Material shown START
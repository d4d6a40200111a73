// A drone on a link.
ghost use Rattle.std.specs.Prelude.{◌≡◌, List, [], MatchResult};
ghost use Rattle.std.specs.Result.{result_err};
ghost use Rattle.mav_nodes.specs.Nodes.{DroneSide};
ghost use Rattle.node_reports.specs.Nodes.{Node, Drone as StateDrone};
ghost use Rattle.live_node.specs.Calls.{LiveCall};
ghost use Rattle.live_node.specs.Ports.{IsRunEnd};
ghost use Rattle.live_node.specs.Runs.{Outside, Ends, LinkRun, outside, stores_of};
ghost use Rattle.live_node.specs.Progress.{Between, TurnsStopped, TurnsRan, Opened};
ghost use Rattle.live_node.specs.Drones.{DroneLived, DroneRuns, NewDroneRuns, IsDroneEnd, start_end};

use crate::nodes::{Due, LiveNode};
use crate::run_log::RunLog;
use crate::turns::{PIECE_BYTES, call, turn};
use mav_links::Link;
use mav_names::drone_name;
use mav_nodes::{DroneNode, StartFault};
use mav_ports::{Clock, Sink};
use mav_sign::Key;
use plan_store::{Keeper, MemKeeper};
use run_status::{InputError, LiveEnd, Place, Reason, RunEnd};
use std::alloc::Global;

/// A drone's system, and how many reads may be made of a port that hasn't ended.
#[derive(Clone, Copy)]
pub struct DronePlan {
    pub sys: u8,
    pub turns: u64,
}

// How a run ends whose drone doesn't start.
fn start_end(fault: StartFault) -> RunEnd
    ensures { result ≡ start_end fault }
{
    match fault {
        StartFault::Store => RunEnd::Live(LiveEnd::StoreFault),
        StartFault::BadKept => RunEnd::Stopped(InputError::Bad(Place::Store, Reason::Kept)),
        StartFault::NoMemory => RunEnd::NoMemory,
    }
}

// At most so many turns. Returns whether the link hasn't ended after them.
fn run_turns<L: Link, K: Sink, C: Clock, S: Keeper>(
    live: &mut LiveNode,
    run_log: &mut RunLog,
    turns: u64,
    link: &mut L,
    out: &mut K,
    clock: &mut C,
    keeper: &mut S,
) -> Result<bool, RunEnd>
    ensures did { (before : S) (start : Node) (opening : List LiveCall) (first : Outside)
        → Between (stores_of S.faults S.is_infallible S.contents) before keeper.old start opening [] [] live.old
        run_log.old first (outside (L.state link.old) (K.sent out.old) (C.always clock.old))
        → MatchResult result
        (λ goes_on. TurnsRan goes_on (stores_of S.faults S.is_infallible S.contents) before keeper.new start opening
        turns live.new run_log.new first (outside (L.state link.new) (K.sent out.new) (C.always clock.new)))
        (λ end. TurnsStopped (stores_of S.faults S.is_infallible S.contents) before keeper.new end start opening turns
        first (outside (L.state link.new) (K.sent out.new) (C.always clock.new))) }
    ensures ends { Ends IsRunEnd result (outside (L.state link.old) (K.sent out.old) (C.always clock.old))
        (outside (L.state link.new) (K.sent out.new) (C.always clock.new)) (K.faults out.old) (K.faults out.new) }
{
    let mut buf = [0u8; PIECE_BYTES];
    'turns: for _at in 0..turns {
        match turn(live, run_log, &mut buf, link, out, clock, keeper) {
            Ok(true) => {}
            Ok(false) => return Ok(false),
            Err(end) => return Err(end),
        }
    }
    Ok(true)
}

// The first heartbeat, and the turns.
fn run_live<L: Link, K: Sink, C: Clock, S: Keeper>(
    live: &mut LiveNode,
    run_log: &mut RunLog,
    turns: u64,
    link: &mut L,
    out: &mut K,
    clock: &mut C,
    keeper: &mut S,
) -> Result<(), RunEnd>
    ensures ran { (before : S) (start : DroneSide)
        → Opened (stores_of S.faults S.is_infallible S.contents) before keeper.old
        (StateDrone start) live.old run_log.old (outside (L.state link.old) (K.sent out.old) (C.always clock.old))
        → DroneLived (stores_of S.faults S.is_infallible S.contents) before keeper.new turns start (result_err result)
        (outside (L.state link.old) (K.sent out.old) (C.always clock.old))
        (outside (L.state link.new) (K.sent out.new) (C.always clock.new)) }
    ensures ends { Ends (IsDroneEnd turns) result (outside (L.state link.old) (K.sent out.old) (C.always clock.old))
        (outside (L.state link.new) (K.sent out.new) (C.always clock.new)) (K.faults out.old) (K.faults out.new) }
{
    match call(live, run_log, Due::Heartbeat, link, out, clock, keeper) {
        Ok(()) => {}
        Err(end) => return Err(end),
    }
    match run_turns(live, run_log, turns, link, out, clock, keeper) {
        Ok(true) => Err(RunEnd::Live(LiveEnd::PortTurns(turns))),
        Ok(false) => Ok(()),
        Err(end) => Err(end),
    }
}

/// Runs the drone of a system on a link, for at most so many reads, with the plans that its store has: at the link's
/// end it is done. It starts disarmed at 0 0, and sends a heartbeat at its start and whenever the link is idle.
pub fn run_drone<L: Link, K: Sink, C: Clock, S: Keeper>(
    alloc: Global,
    key: Key,
    plan: DronePlan,
    link: &mut L,
    out: &mut K,
    clock: &mut C,
    keeper: &mut S,
) -> Result<(), RunEnd>
    ensures { LinkRun (DroneRuns (stores_of S.faults S.is_infallible S.contents) key plan keeper.old keeper.new)
        (IsDroneEnd plan.turns) result (outside (L.state link.old) (K.sent out.old) (C.always clock.old))
        (outside (L.state link.new) (K.sent out.new) (C.always clock.new)) (K.faults out.old) (K.faults out.new) }
{
    match DroneNode::start(alloc, key, plan.sys, 0, 0, keeper) {
        Ok(drone) => {
            let mut run_log = RunLog::new(alloc, drone_name(plan.sys));
            let mut live = LiveNode::Drone(drone);
            let ended = run_live(
                &mut live,
                &mut run_log,
                plan.turns,
                link,
                out,
                clock,
                keeper,
            );
            live.discard();
            ended
        }
        Err(fault) => Err(start_end(fault)),
    }
}

/// Runs a drone that starts without plans and keeps them in memory.
pub fn run_new_drone<L: Link, K: Sink, C: Clock>(
    alloc: Global,
    key: Key,
    plan: DronePlan,
    link: &mut L,
    out: &mut K,
    clock: &mut C,
) -> Result<(), RunEnd>
    ensures { LinkRun (NewDroneRuns key plan) (IsDroneEnd plan.turns) result
        (outside (L.state link.old) (K.sent out.old) (C.always clock.old))
        (outside (L.state link.new) (K.sent out.new) (C.always clock.new)) (K.faults out.old) (K.faults out.new) }
{
    let mut keeper = MemKeeper::new(alloc, Vec::new(alloc), Vec::new(alloc));
    run_drone(alloc, key, plan, link, out, clock, &mut keeper)
}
Material shown END
* [Task instructions]:
Word for word, restate the material above.

* [Task result]:
repository d4d6a40200111a73
// A drone on a link.
ghost use Rattle.std.specs.Prelude.{◌≡◌, List, [], MatchResult};
ghost use Rattle.std.specs.Result.{result_err};
ghost use Rattle.mav_nodes.specs.Nodes.{DroneSide};
ghost use Rattle.node_reports.specs.Nodes.{Node, Drone as StateDrone};
ghost use Rattle.live_node.specs.Calls.{LiveCall};
ghost use Rattle.live_node.specs.Ports.{IsRunEnd};
ghost use Rattle.live_node.specs.Runs.{Outside, Ends, LinkRun, outside, stores_of};
ghost use Rattle.live_node.specs.Progress.{Between, TurnsStopped, TurnsRan, Opened};
ghost use Rattle.live_node.specs.Drones.{DroneLived, DroneRuns, NewDroneRuns, IsDroneEnd, start_end};

use crate::nodes::{Due, LiveNode};
use crate::run_log::RunLog;
use crate::turns::{PIECE_BYTES, call, turn};
use mav_links::Link;
use mav_names::drone_name;
use mav_nodes::{DroneNode, StartFault};
use mav_ports::{Clock, Sink};
use mav_sign::Key;
use plan_store::{Keeper, MemKeeper};
use run_status::{InputError, LiveEnd, Place, Reason, RunEnd};
use std::alloc::Global;

/// A drone's system, and how many reads may be made of a port that hasn't ended.
#[derive(Clone, Copy)]
pub struct DronePlan {
    pub sys: u8,
    pub turns: u64,
}

// How a run ends whose drone doesn't start.
fn start_end(fault: StartFault) -> RunEnd
    ensures { result ≡ start_end fault }
{
    match fault {
        StartFault::Store => RunEnd::Live(LiveEnd::StoreFault),
        StartFault::BadKept => RunEnd::Stopped(InputError::Bad(Place::Store, Reason::Kept)),
        StartFault::NoMemory => RunEnd::NoMemory,
    }
}

// At most so many turns. Returns whether the link hasn't ended after them.
fn run_turns<L: Link, K: Sink, C: Clock, S: Keeper>(
    live: &mut LiveNode,
    run_log: &mut RunLog,
    turns: u64,
    link: &mut L,
    out: &mut K,
    clock: &mut C,
    keeper: &mut S,
) -> Result<bool, RunEnd>
    ensures did { (before : S) (start : Node) (opening : List LiveCall) (first : Outside)
        → Between (stores_of S.faults S.is_infallible S.contents) before keeper.old start opening [] [] live.old
        run_log.old first (outside (L.state link.old) (K.sent out.old) (C.always clock.old))
        → MatchResult result
        (λ goes_on. TurnsRan goes_on (stores_of S.faults S.is_infallible S.contents) before keeper.new start opening
        turns live.new run_log.new first (outside (L.state link.new) (K.sent out.new) (C.always clock.new)))
        (λ end. TurnsStopped (stores_of S.faults S.is_infallible S.contents) before keeper.new end start opening turns
        first (outside (L.state link.new) (K.sent out.new) (C.always clock.new))) }
    ensures ends { Ends IsRunEnd result (outside (L.state link.old) (K.sent out.old) (C.always clock.old))
        (outside (L.state link.new) (K.sent out.new) (C.always clock.new)) (K.faults out.old) (K.faults out.new) }
{
    let mut buf = [0u8; PIECE_BYTES];
    'turns: for _at in 0..turns {
        match turn(live, run_log, &mut buf, link, out, clock, keeper) {
            Ok(true) => {}
            Ok(false) => return Ok(false),
            Err(end) => return Err(end),
        }
    }
    Ok(true)
}

// The first heartbeat, and the turns.
fn run_live<L: Link, K: Sink, C: Clock, S: Keeper>(
    live: &mut LiveNode,
    run_log: &mut RunLog,
    turns: u64,
    link: &mut L,
    out: &mut K,
    clock: &mut C,
    keeper: &mut S,
) -> Result<(), RunEnd>
    ensures ran { (before : S) (start : DroneSide)
        → Opened (stores_of S.faults S.is_infallible S.contents) before keeper.old
        (StateDrone start) live.old run_log.old (outside (L.state link.old) (K.sent out.old) (C.always clock.old))
        → DroneLived (stores_of S.faults S.is_infallible S.contents) before keeper.new turns start (result_err result)
        (outside (L.state link.old) (K.sent out.old) (C.always clock.old))
        (outside (L.state link.new) (K.sent out.new) (C.always clock.new)) }
    ensures ends { Ends (IsDroneEnd turns) result (outside (L.state link.old) (K.sent out.old) (C.always clock.old))
        (outside (L.state link.new) (K.sent out.new) (C.always clock.new)) (K.faults out.old) (K.faults out.new) }
{
    match call(live, run_log, Due::Heartbeat, link, out, clock, keeper) {
        Ok(()) => {}
        Err(end) => return Err(end),
    }
    match run_turns(live, run_log, turns, link, out, clock, keeper) {
        Ok(true) => Err(RunEnd::Live(LiveEnd::PortTurns(turns))),
        Ok(false) => Ok(()),
        Err(end) => Err(end),
    }
}

/// Runs the drone of a system on a link, for at most so many reads, with the plans that its store has: at the link's
/// end it is done. It starts disarmed at 0 0, and sends a heartbeat at its start and whenever the link is idle.
pub fn run_drone<L: Link, K: Sink, C: Clock, S: Keeper>(
    alloc: Global,
    key: Key,
    plan: DronePlan,
    link: &mut L,
    out: &mut K,
    clock: &mut C,
    keeper: &mut S,
) -> Result<(), RunEnd>
    ensures { LinkRun (DroneRuns (stores_of S.faults S.is_infallible S.contents) key plan keeper.old keeper.new)
        (IsDroneEnd plan.turns) result (outside (L.state link.old) (K.sent out.old) (C.always clock.old))
        (outside (L.state link.new) (K.sent out.new) (C.always clock.new)) (K.faults out.old) (K.faults out.new) }
{
    match DroneNode::start(alloc, key, plan.sys, 0, 0, keeper) {
        Ok(drone) => {
            let mut run_log = RunLog::new(alloc, drone_name(plan.sys));
            let mut live = LiveNode::Drone(drone);
            let ended = run_live(
                &mut live,
                &mut run_log,
                plan.turns,
                link,
                out,
                clock,
                keeper,
            );
            live.discard();
            ended
        }
        Err(fault) => Err(start_end(fault)),
    }
}

/// Runs a drone that starts without plans and keeps them in memory.
pub fn run_new_drone<L: Link, K: Sink, C: Clock>(
    alloc: Global,
    key: Key,
    plan: DronePlan,
    link: &mut L,
    out: &mut K,
    clock: &mut C,
) -> Result<(), RunEnd>
    ensures { LinkRun (NewDroneRuns key plan) (IsDroneEnd plan.turns) result
        (outside (L.state link.old) (K.sent out.old) (C.always clock.old))
        (outside (L.state link.new) (K.sent out.new) (C.always clock.new)) (K.faults out.old) (K.faults out.new) }
{
    let mut keeper = MemKeeper::new(alloc, Vec::new(alloc), Vec::new(alloc));
    run_drone(alloc, key, plan, link, out, clock, &mut keeper)
}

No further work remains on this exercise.